Moreover, O’Gráda et al. (19) found that severity of negative symptoms correlated with difficulties in sustaining attention. Intriguingly, this effect was reported for patients in whom the positive symptoms were low (Mean= 2.02; SD= 2.25). This appears to parallel our finding where the PAUSS scores were associated with more omission errors when positive symptoms were low (see Figures 4A and 5A).
What might explain the benefit we observed in the CM group and in individual with elevated autistic and positive symptoms? As stated above, performance on the SART requires the recruitment of both sustained attention and response inhibition. However, the hypothesized dissociation between SPD and ASD in terms of these respective abilities was not supported by our results, and as such our pattern of results do not support the hypothesis that these two abilities converge in a compensatory manner in the CM group. Perhaps this is inherent in the inability of the SART task to truly dissociate inhibition from sustained attention. In this regard, Robertson et al. (18) point out that “arbitrating between the relative contributions of an inefficiency in response inhibition per se and a failure to inhibit responses due to a lack of continuous attention to response is of course difficult and indeed somewhat circular within this task” (p. 749).
However, the exploratory analyses provide some important leads that might be leveraged in future research to understand the mechanisms underlying benefits conferred by the co-presence of autistic and positive symptoms. First, the analyses pertaining to the subdomains of the PAUSS suggest that autistic features associated with stereotypies and narrowed interests appear to largely drive the interaction of the PAUSS total scores with PANSS positive symptoms on omission errors. This dovetails with the findings of a study on probabilistic reasoning showing that relative to individuals with delusional disorder (DD) only and individuals with obsessive-compulsive disorder (OCD) only—who respectively were reliant on less and more evidence to make their decision—probabilistic reasoning was normalized in individuals with comorbid DD and OCD (50). Stereotypic behavior is a main feature that is common to both OCD and ASD (51), and so it might be of particular importance to understanding how autistic and positive symptoms become adaptive when co-present.
Moreover, the independent analyses in the ASD and SPD groups show that the pattern of associations of PAUSS and PANSS positive symptoms with omission errors in the ASD group is reversed in the SPD (see Figures 6A, B). This suggests that the PAUSS and PANSS positive symptoms are associated with diametric influences on sustained attention independent of the disorder. This is consistent with (i) the diametric model (52, 53)—which posits that ASD and SSD are characterized by opposing phenotypic patterns—, (ii) evidence suggesting that ASD and SSD can be characterized by opposing patterns of attentional abilities (3, 54), and (iii) existing evidence suggesting that the presence of both disorders may be associated with attenuated impairments (3, 27, 38).
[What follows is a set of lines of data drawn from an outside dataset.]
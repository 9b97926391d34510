// The four builders and the sub-formatters, by the Rust's names. A builder is an entry of the stack.
ghost use Rattle.std.specs.Prelude.{◌≡◌, []};
ghost use Rattle.calls.specs.declared.Kind.TheVariants.{Struct, Tuple, Set};
ghost use Rattle.calls.specs.declared.Kind.TheVariants as kind;
ghost use Rattle.calls.specs.Call.{opens, place, field, item, entry, finish, sub, endsub};
ghost use Rattle.calls.specs.Model.{step};
ghost use Rattle.formatter.specs.View.{view_f, view_f_out};

use crate::dispatch::Op;
use crate::formatter::Formatter;
use calls::Kind;
use error::Error;
use formatting::FormattingFlags;
use writer_backend::PlaceKind;

impl Formatter {
    // Opens a struct with its name.
    pub fn debug_struct(&mut self, buf: &mut [u8], name: &[u8]) -> Result<(), Error>
        ensures { view_f_out result self.new buf.new ≡ step (view_f self.old buf.old) (opens Struct name.now) }
    {
        self.call(buf, Op::Open(Kind::Struct), name)
    }

    // Opens a tuple with its name.
    pub fn debug_tuple(&mut self, buf: &mut [u8], name: &[u8]) -> Result<(), Error>
        ensures { view_f_out result self.new buf.new ≡ step (view_f self.old buf.old) (opens Tuple name.now) }
    {
        self.call(buf, Op::Open(Kind::Tuple), name)
    }

    // Opens a list.
    pub fn debug_list(&mut self, buf: &mut [u8]) -> Result<(), Error>
        ensures { view_f_out result self.new buf.new ≡ step (view_f self.old buf.old) (opens kind.List []) }
    {
        self.call(buf, Op::Open(Kind::List), b"")
    }

    // Opens a set.
    pub fn debug_set(&mut self, buf: &mut [u8]) -> Result<(), Error>
        ensures { view_f_out result self.new buf.new ≡ step (view_f self.old buf.old) (opens Set []) }
    {
        self.call(buf, Op::Open(Kind::Set), b"")
    }

    // A field of a struct.
    pub fn field(&mut self, buf: &mut [u8], name: &[u8]) -> Result<(), Error>
        ensures { view_f_out result self.new buf.new ≡ step (view_f self.old buf.old) (place (field name.now)) }
    {
        self.call(buf, Op::Place(PlaceKind::Field), name)
    }

    // A field of a tuple.
    pub fn tuple_field(&mut self, buf: &mut [u8]) -> Result<(), Error>
        ensures { view_f_out result self.new buf.new ≡ step (view_f self.old buf.old) (place item) }
    {
        self.call(buf, Op::Place(PlaceKind::Item), b"")
    }

    // An entry of a list or a set.
    pub fn entry(&mut self, buf: &mut [u8]) -> Result<(), Error>
        ensures { view_f_out result self.new buf.new ≡ step (view_f self.old buf.old) (place entry) }
    {
        self.call(buf, Op::Place(PlaceKind::Entry), b"")
    }

    // Closes the innermost builder.
    pub fn finish(&mut self, buf: &mut [u8]) -> Result<(), Error>
        ensures { view_f_out result self.new buf.new ≡ step (view_f self.old buf.old) finish }
    {
        self.call(buf, Op::Finish, b"")
    }

    // Opens a sub-formatter with flags of its own.
    pub fn make_formatter(&mut self, buf: &mut [u8], flags: FormattingFlags) -> Result<(), Error>
        ensures { view_f_out result self.new buf.new ≡ step (view_f self.old buf.old) (sub flags) }
    {
        self.call(buf, Op::Sub(flags), b"")
    }

    // Closes the innermost sub-formatter: the outer flags and margin return.
    pub fn end_formatter(&mut self, buf: &mut [u8]) -> Result<(), Error>
        ensures { view_f_out result self.new buf.new ≡ step (view_f self.old buf.old) endsub }
    {
        self.call(buf, Op::EndSub, b"")
    }
}
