// A formatter with its stack of open entries. The buffer is lent beside it.
ghost use Rattle.std.specs.Prelude.{◌≡◌, List, ℕ};
ghost use Rattle.error.specs.declared.Error.TheVariants.{BadCursor};
ghost use Rattle.calls.specs.Model.{step, start, counting};
ghost use Rattle.writer_backend.specs.Output.{mode_of};
ghost use Rattle.formatter.specs.Calls.{call_of};
ghost use Rattle.formatter.specs.View.{view_f, view_f_out, view_new, begun};

use crate::dispatch::Op;
use crate::entries::Entry;
use crate::head::Head;
use calls::Settings;
use error::Error;
use formatting::FormattingFlags;
use writer_backend::WriterBackend;

#[derive(Clone, Copy)]
pub struct Formatter {
    pub head: Head,
    pub stack: [Entry; 64],
}

// A cursor past the end of the buffer, with the fresh formatter that writes from it: each of its calls
// over that buffer answers 9.
#[derive(Clone, Copy)]
pub struct PastEnd {
    pub formatter: Formatter,
}

impl From<PastEnd> for Error {
    ghost from_gives = { λ _ error. error ≡ BadCursor };

    fn from(_: PastEnd) -> Error {
        Error::BadCursor
    }
}

impl Formatter {
    // A fresh formatter: nothing open, margin 0.
    pub fn new(writer: WriterBackend, settings: Settings) -> Formatter
        ensures { (b : List ℕ) → view_f result b ≡ start (mode_of writer) b settings }
    {
        Formatter {
            head: Head::new(writer, settings),
            stack: [Entry::UNUSED; 64],
        }
    }

    // A fresh formatter that counts.
    pub fn counting(settings: Settings) -> Formatter
        ensures { (b : List ℕ) → view_f result b ≡ start (counting 0) b settings }
    {
        Formatter::new(WriterBackend::counting(0), settings)
    }

    // A fresh formatter that writes from a cursor in a buffer; where the cursor is past its end, 9, and
    // the formatter in the error.
    pub fn writing(buf: &[u8], at: usize, settings: Settings) -> Result<Formatter, PastEnd>
        ensures { view_new result buf.now ≡ begun buf.now at settings }
    {
        let formatter = Formatter::new(WriterBackend::writing(at), settings);
        if buf.len() < at {
            return Err(PastEnd { formatter });
        }
        Ok(formatter)
    }

    // The flags in force.
    pub fn flags(&self) -> FormattingFlags
        ensures { (b : List ℕ) → result ≡ (view_f self.now b).flags }
    {
        self.head.flags
    }

    // The spaces before a field in alternate form.
    pub fn margin(&self) -> u16
        ensures { (b : List ℕ) → result ≡ (view_f self.now b).margin }
    {
        self.head.margin
    }

    // One call, whose text is lent beside it.
    pub fn call(&mut self, buf: &mut [u8], op: Op, s: &[u8]) -> Result<(), Error>
        ensures { view_f_out result self.new buf.new ≡ step (view_f self.old buf.old) (call_of op s.now) }
    {
        self.head.call(&mut self.stack, buf, op, s)
    }
}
Importantly, this pattern of association also suggests that the omission errors in ASD and SPD might be precipitated by different mechanisms, which is consistent with the notion that apparent overlaps between autism and schizophrenia spectrum disorders might be precipitated by different cognitive styles or biases (55, 56). Altogether, this pattern of association gives credence to the idea and that some compensatory mechanism might nonetheless be at play in the comorbid group. If so, future research (behavioral, cognitive, and neural) is necessary in order to test the prediction that these mechanisms are highly interactive and possibly of contrasting nature. Hence, assessments that require the recruitment of dissociable contrasting abilities, such as global-local processing (57, 58) and zoom-in and zoom-out attentional mechanism (59) might be particularly beneficial in discriminating between the groups and thus potentially mechanistically more informative. Within the neural domain, future research might consider the default mode and task-positive networks in search for a potential mechanism. Lapses in attention have been associated with reduced task-induced deactivation of the default mode network (60) and its anticorrelation with the task-positive network has been related to consistent behavioral performance (61). Examining disorder-specific resting state activity of these networks in ASD and SPD might provide a mechanistic account of how autism and positive symptom severity converge adaptively in sustaining attention.
We acknowledge a number of limitations of our study. First, findings of our study may be limited by the small sample size of the CM group. Thus, future work with a larger sample of CM individuals is needed in order to have a better understanding of their clinical phenotypes. Second, controls were mainly recruited through acquaintances. This recruitment strategy may have biased our sample. Third, as pointed above, the SART offered limited insight into the mechanisms that might explain the performance benefits we observed in the comorbid group. Therefore, it would be profitable for future research to implement a Research Domain Criteria (RDoC) strategy (62) for a more comprehensive assessment of the participants’ clinical and functional phenotypes that may help interpret the current results.
Fourth, while the PAUSS allows for a dimensional cross-disorder analysis (33), it has been validated against the ADOS that measures current autistic traits. As such, it may be argued, and particularly for the SPD group, that the PAUSS merely reflects the severity of later-onset, autistic-like symptoms rather than actual childhood-onset autistic traits. While, to our knowledge, the PAUSS is yet to be validated against instruments that assess childhood-onset autistic traits, nascent results suggest that PAUSS levels in schizophrenia patients with ASD, assessed with the Autism Diagnostic Interview-Revised [ADI-R, (63)]—a measure that is based on the patients’ early developmental history through a parent/caregiver interview—are similar to those of schizophrenia patients with ASD, assessed with the ADOS (35). In addition, negative symptoms in schizophrenia spectrum disorders (from which the PAUSS is largely derived) have been suggested to be of neurodevelopmental origin and predate the onset of the disorder (64, 65). Taken together, the PAUSS may be capturing childhood-onset autistic traits rather than current autistic-like features. Yet, the current lack of a unified classification instrument for cross-disorder analysis represents a general challenge to this young field, and so the development and refinement of such instruments is crucial to advance research into underlying cross-disorder mechanisms.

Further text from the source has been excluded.